THE PROBLEM:
Look for "lower" in the records and copy every line that has it.

▬▬▬▬▬▬▬▬▬▬

//! Which drafts are refused. All heights are learned first, sweep by sweep; then one look at each place takes the first
//! bad one.

ghost use Rattle.std.specs.Prelude.{◌≡◌, ◌≢◌, ◌<◌, ◌≤◌, ◌+◌, ◌-◌, ◌⊎◌, ℕ, length, slice_get, slice_set, Some, None, IsTrue, IsFalse, IfSome, IfNone};
ghost use Rattle.image_code.specs.Draft.{shapes, nothing, Within, after, lead, leads, leads_on, leads_aside, IsLead, WayAt, LooksAt, LooksThrough, JumpsWell, Stays, Sound, Known, KnowsMore, AreHeights, IsFaulty, Meets, IsEndOrBad, Lowest, Judged};
ghost use Rattle.image_code.specs.declared.shape.Flow.TheVariants as flows;

use crate::shape::{Flow, Height, Shape, step_shape};
use crate::step::Step;

/// A place where an instruction goes on, and what stands on the stack there.
#[derive(Clone, Copy)]
pub(crate) struct Lead {
    pub place: usize,
    pub height: Height,
}

/// A way on.
#[derive(Clone, Copy)]
pub(crate) enum Found {
    Nowhere,
    To(Lead),
    Full,
}

/// Whether heights are known wherever those that are known lead to.
#[derive(Clone, Copy)]
pub(crate) enum Search {
    Closed,
    New(Lead),
    Full,
}

/// What was found of a draft.
#[derive(Clone, Copy)]
pub(crate) enum Verdict {
    Fine,
    Bad(usize),
    Full,
}

/// How long the code is.
fn size(code: &[Step]) -> usize
    ensures { result ≡ length (shapes code.now) }
{
    code.len()
}

/// The shape of the instruction at a place.
fn shape_at(code: &[Step], p: usize) -> Shape
    requires { p < length (shapes code.now) }
    ensures { slice_get (shapes code.now) p ≡ Some result }
{
    let step = step_at(code, p);
    step_shape(step)
}

/// The instruction at a place.
fn step_at(code: &[Step], p: usize) -> Step
    requires { p < length code.now }
    ensures { slice_get code.now p ≡ Some result }
{
    code[p]
}

/// The height at a place, where it is known.
fn height_at(heights: &[Option<Height>], p: usize) -> Option<Height>
    requires { p < length heights.now }
    ensures { slice_get heights.now p ≡ Some result }
{
    heights[p]
}

fn set(heights: &mut [Option<Height>], q: usize, h: Height)
    requires { q < length heights.old }
    ensures { heights.new ≡ slice_set heights.old q (Some h) }
{
    heights[q] = Some(h);
}

/// Whether there is no more of each part than that.
fn within(a: Height, b: Height) -> bool
    ensures well { IsTrue result → Within a b }
    ensures not { IsFalse result → Within a b → ⊥ }
{
    a.numbers <= b.numbers && a.arrays <= b.arrays && a.texts <= b.texts
}

/// Whether two heights are alike.
fn same(h: Height, k: Height) -> bool
    ensures well { IsTrue result → h ≡ k }
    ensures not { IsFalse result → h ≢ k }
{
    h.numbers == k.numbers && h.arrays == k.arrays && h.texts == k.texts
}

/// What stands there after an instruction, if it can be counted in 64 bits.
fn height_after(s: Shape, h: Height) -> Option<Height>
    requires { Within s.takes h }
    ensures { IfSome result (λ k. k ≡ after s h) }
{
    Some(Height {
        numbers: (h.numbers - s.takes.numbers).checked_add(s.leaves.numbers)?,
        arrays: (h.arrays - s.takes.arrays).checked_add(s.leaves.arrays)?,
        texts: (h.texts - s.takes.texts).checked_add(s.leaves.texts)?,
    })
}

/// Whether a jump from p to q stays in the code, and goes back to a count alone.
fn jumps_well(code: &[Step], p: usize, q: u32) -> bool
    ensures well { IsTrue result → JumpsWell (shapes code.now) p q }
    ensures not { IsFalse result → JumpsWell (shapes code.now) p q → ⊥ }
{
    let to = q as usize;
    if to >= size(code) {
        return false;
    }
    if p < to {
        return true;
    }
    let target = shape_at(code, to);
    target.counts
}

/// Whether the way on from here is in the code, by this instruction alone.
fn stays(code: &[Step], p: usize, flow: Flow) -> bool
    requires { p < length (shapes code.now) }
    ensures well { IsTrue result → Stays (shapes code.now) p flow }
    ensures not { IsFalse result → Stays (shapes code.now) p flow → ⊥ }
{
    let end = size(code);
    match flow {
        Flow::On => end - p > 1,
        Flow::Jump(q) => jumps_well(code, p, q),
        Flow::Branch(q) => end - p > 1 && jumps_well(code, p, q),
        Flow::Skip(n) => end - p - 1 > n as usize,
        Flow::SkipIf(n) => end - p > 1 && end - p - 1 > n as usize,
        Flow::Call(q) => end - p > 1 && (q as usize) < end,
        Flow::Back | Flow::End => true,
    }
}

/// A place, if it is before the end.
fn before(end: usize, q: usize, h: Height) -> Option<Lead>
    ensures { IsLead end (Some (lead q h)) result }
{
    if q < end {
        Some(Lead {
            place: q,
            height: h,
        })
    } else {
        None
    }
}

/// A place so many behind the next one, if it is before the end.
fn skipped(end: usize, p: usize, n: u32, h: Height) -> Option<Lead>
    requires { p < end }
    ensures { IsLead end (Some (lead (p + 1 + n) h)) result }
{
    if (n as usize) < end - p - 1 {
        Some(Lead {
            place: p + 1 + n as usize,
            height: h,
        })
    } else {
        None
    }
}

/// Where an instruction goes on.
fn on_from(end: usize, p: usize, flow: Flow, h: Height) -> Option<Lead>
    requires { p < end }
    ensures { IsLead end (leads_on p flow h) result }
{
    match flow {
        Flow::On | Flow::Branch(_) | Flow::SkipIf(_) | Flow::Call(_) => before(end, p + 1, h),
        Flow::Jump(q) => before(end, q as usize, h),
        Flow::Skip(n) => skipped(end, p, n, h),
        Flow::Back | Flow::End => None,
    }
}

/// Its second way on.
fn aside_from(end: usize, p: usize, flow: Flow, h: Height) -> Option<Lead>
    requires { p < end }
    ensures { IsLead end (leads_aside p flow h) result }
{
    match flow {
        Flow::Branch(q) => before(end, q as usize, h),
        Flow::SkipIf(n) => skipped(end, p, n, h),
        Flow::Call(q) => before(
            end,
            q as usize,
            Height {
                numbers: 0,
                arrays: 0,
                texts: 0,
            },
        ),
        Flow::On | Flow::Jump(_) | Flow::Skip(_) | Flow::Back | Flow::End => None,
    }
}

/// One of the two.
fn lead_from(aside: bool, end: usize, p: usize, flow: Flow, h: Height) -> Option<Lead>
    requires { p < end }
    ensures { IsLead end (leads aside p flow h) result }
{
    if aside {
        aside_from(end, p, flow, h)
    } else {
        on_from(end, p, flow, h)
    }
}

/// A way on from p, under the height that is known there.
fn way(code: &[Step], heights: &[Option<Height>], p: usize, aside: bool) -> Found
    requires within { p < length (shapes code.now) }
    requires long { length heights.now ≡ length (shapes code.now) }
    ensures { WayAt (shapes code.now) heights.now p aside result }
{
    let end = size(code);
    let s = shape_at(code, p);
    let h = match height_at(heights, p) {
        None => return Found::Nowhere,
        Some(h) => h,
    };
    if !within(s.takes, h) {
        return Found::Nowhere;
    }
    let k = match height_after(s, h) {
        None => return Found::Full,
        Some(k) => k,
    };
    match lead_from(aside, end, p, s.flow, k) {
        None => Found::Nowhere,
        Some(l) => Found::To(l),
    }
}

/// Whether the height is known where that way leads to.
fn look(code: &[Step], heights: &[Option<Height>], p: usize, aside: bool) -> Search
    requires within { p < length (shapes code.now) }
    requires long { length heights.now ≡ length (shapes code.now) }
    ensures { LooksAt (shapes code.now) heights.now p aside result }
{
    match way(code, heights, p, aside) {
        Found::Nowhere => Search::Closed,
        Found::Full => Search::Full,
        Found::To(l) => match height_at(heights, l.place) {
            None => Search::New(l),
            Some(_) => Search::Closed,
        },
    }
}

/// Whether it is known wherever a known one leads to.
fn look_through(code: &[Step], heights: &[Option<Height>]) -> Search
    requires { length heights.now ≡ length (shapes code.now) }
    ensures { LooksThrough (shapes code.now) heights.now result }
{
    let end = size(code);
    for p in 0..end {
        match look(code, heights, p, false) {
            Search::Closed => {}
            Search::New(l) => return Search::New(l),
            Search::Full => return Search::Full,
        }
        match look(code, heights, p, true) {
            Search::Closed => {}
            Search::New(l) => return Search::New(l),
            Search::Full => return Search::Full,
        }
    }
    Search::Closed
}

/// Learns the height where one way leads to, if none is known.
fn learn(code: &[Step], heights: &mut [Option<Height>], p: usize, aside: bool)
    requires within { p < length (shapes code.now) }
    requires long { length heights.old ≡ length (shapes code.now) }
    ensures { KnowsMore (shapes code.now) heights.old heights.new }
{
    match look(code, heights, p, aside) {
        Search::New(l) => set(heights, l.place, l.height),
        Search::Closed | Search::Full => {}
    }
}

/// Learns heights from the first place to the last one.
fn sweep(code: &[Step], heights: &mut [Option<Height>])
    requires { length heights.old ≡ length (shapes code.now) }
    ensures { KnowsMore (shapes code.now) heights.old heights.new }
{
    let end = size(code);
    for p in 0..end {
        learn(code, heights, p, false);
        learn(code, heights, p, true);
    }
}

/// Learns all heights; false where one is beyond 64 bits.
fn close(code: &[Step], heights: &mut [Option<Height>]) -> bool
    requires long { length heights.old ≡ length (shapes code.now) }
    requires sound { Sound (shapes code.now) heights.old }
    requires first { Known heights.old 0 nothing }
    ensures { IsTrue result → AreHeights (shapes code.now) heights.new }
{
    'passes: loop {
        sweep(code, heights);
        match look_through(code, heights) {
            Search::New(l) => set(heights, l.place, l.height),
            Search::Closed => return true,
            Search::Full => return false,
        }
    }
}

/// Whether the instruction at p is bad by itself.
fn faulty(code: &[Step], heights: &[Option<Height>], p: usize) -> bool
    requires within { p < length (shapes code.now) }
    requires long { length heights.now ≡ length (shapes code.now) }
    ensures well { IsTrue result → IsFaulty (shapes code.now) heights.now p }
    ensures not { IsFalse result → IsFaulty (shapes code.now) heights.now p → ⊥ }
{
    let s = shape_at(code, p);
    if !stays(code, p, s.flow) {
        return true;
    }
    let h = match height_at(heights, p) {
        None => return false,
        Some(h) => h,
    };
    if !within(s.takes, h) {
        return true;
    }
    goes_back(s.flow)
        && !same(
            h,
            Height {
                numbers: 0,
                arrays: 0,
                texts: 0,
            },
        )
}

/// Whether an instruction goes back behind a call.
fn goes_back(flow: Flow) -> bool
    ensures well { IsTrue result → flow ≡ flows.Back }
    ensures not { IsFalse result → flow ≢ flows.Back }
{
    match flow {
        Flow::Back => true,
        Flow::On
        | Flow::Jump(_)
        | Flow::Branch(_)
        | Flow::Skip(_)
        | Flow::SkipIf(_)
        | Flow::Call(_)
        | Flow::End => false,
    }
}

/// The lesser of `least` and a place where a way on from p comes with another height than the one that is known there.
fn meeting(
    code: &[Step],
    heights: &[Option<Height>],
    p: usize,
    aside: bool,
    least: usize,
) -> Option<usize>
    requires within { p < length (shapes code.now) }
    requires long { length heights.now ≡ length (shapes code.now) }
    requires bad { IsEndOrBad (shapes code.now) heights.now least }
    ensures { IfSome result (λ q. IsEndOrBad (shapes code.now) heights.now q × (q ≤ least) × ((r : ℕ) → Meets (shapes code.now) heights.now p aside r → q ≤ r)) }
{
    let l = match way(code, heights, p, aside) {
        Found::Nowhere => return Some(least),
        Found::Full => return None,
        Found::To(l) => l,
    };
    let known = match height_at(heights, l.place) {
        None => return Some(least),
        Some(k) => k,
    };
    if l.place >= least || same(known, l.height) {
        return Some(least);
    }
    Some(l.place)
}

/// The lesser of `least` and p, where p is bad by itself.
fn fault(code: &[Step], heights: &[Option<Height>], p: usize, least: usize) -> usize
    requires within { p < length (shapes code.now) }
    requires long { length heights.now ≡ length (shapes code.now) }
    requires bad { IsEndOrBad (shapes code.now) heights.now least }
    ensures bad { IsEndOrBad (shapes code.now) heights.now result }
    ensures less { result ≤ least }
    ensures least { IsFaulty (shapes code.now) heights.now p → result ≤ p }
{
    if p < least && faulty(code, heights, p) {
        return p;
    }
    least
}

/// The least of `least` and the places that a look at p finds bad.
fn lower(code: &[Step], heights: &[Option<Height>], p: usize, least: usize) -> Option<usize>
    requires within { p < length (shapes code.now) }
    requires long { length heights.now ≡ length (shapes code.now) }
    requires bad { IsEndOrBad (shapes code.now) heights.now least }
    ensures { IfSome result (λ q. IsEndOrBad (shapes code.now) heights.now q × (q ≤ least) × Lowest (shapes code.now) heights.now p q) }
{
    let a = fault(code, heights, p, least);
    let b = match meeting(code, heights, p, false, a) {
        None => return None,
        Some(b) => b,
    };
    match meeting(code, heights, p, true, b) {
        None => None,
        Some(q) => Some(q),
    }
}

/// The first bad place under these heights.
fn first_bad(code: &[Step], heights: &[Option<Height>]) -> Verdict
    requires { AreHeights (shapes code.now) heights.now }
    ensures { Judged (shapes code.now) heights.now result }
{
    let end = size(code);
    let mut least = end;
    for p in 0..end {
        match lower(code, heights, p, least) {
            None => return Verdict::Full,
            Some(q) => least = q,
        }
    }
    if least < end {
        Verdict::Bad(least)
    } else {
        Verdict::Fine
    }
}

/// Whether a draft has a bad instruction. At place 0 nothing stands on the stack.
pub(crate) fn judge(code: &[Step], heights: &mut [Option<Height>]) -> Verdict
    requires long { length heights.old ≡ length (shapes code.now) }
    requires sound { Sound (shapes code.now) heights.old }
    requires first { Known heights.old 0 nothing }
    ensures { Judged (shapes code.now) heights.new result }
{
    if !close(code, heights) {
        return Verdict::Full;
    }
    first_bad(code, heights)
}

▬▬▬▬▬▬▬▬▬▬

SOLUTION FOR THIS EXERCISE:
fn lower(code: &[Step], heights: &[Option<Height>], p: usize, least: usize) -> Option<usize>
        match lower(code, heights, p, least) {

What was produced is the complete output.